[Provided entries Boundary: Start]
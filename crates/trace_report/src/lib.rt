//! The report of a run, as text.
//!
//! [`report`] writes what a simulator has noted and how its network stands: all changes, each a row,
//! the conditions of all inputs, whence each element has its timing, which loops stand, and whether
//! the network is settled. Its text is one of `IsReportText`, over the rules' history of the plan and
//! all events, and [`one_report_law`] says that there is one. [`put_change`] and [`put_settled`]
//! write a row and the last line alone, and [`put_condition`] an input in a condition;
//! [`passed_until`] and [`later`] tell conditions after an element's last step. This project's own.
#![tactic(auto)]

mod changes;
mod conditions;
mod inputs;
mod last_parts;
mod laws;
mod words;
mod writing;

pub use changes::put_change;
pub use conditions::{later, passed_until};
pub use inputs::put_condition;
pub use last_parts::put_settled;
pub use laws::one_report_law;
pub use writing::report;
[Provided entries Boundary: End]
> **Assignment**
From the line containing "#![tactic(auto)]" down to the line containing "pub use laws::one_report_law;" in the material above, reproduce every line exactly, including the two end lines.

> **Result of the task**
#![tactic(auto)]

mod changes;
mod conditions;
mod inputs;
mod last_parts;
mod laws;
mod words;
mod writing;

pub use changes::put_change;
pub use conditions::{later, passed_until};
pub use inputs::put_condition;
pub use last_parts::put_settled;
pub use laws::one_report_law;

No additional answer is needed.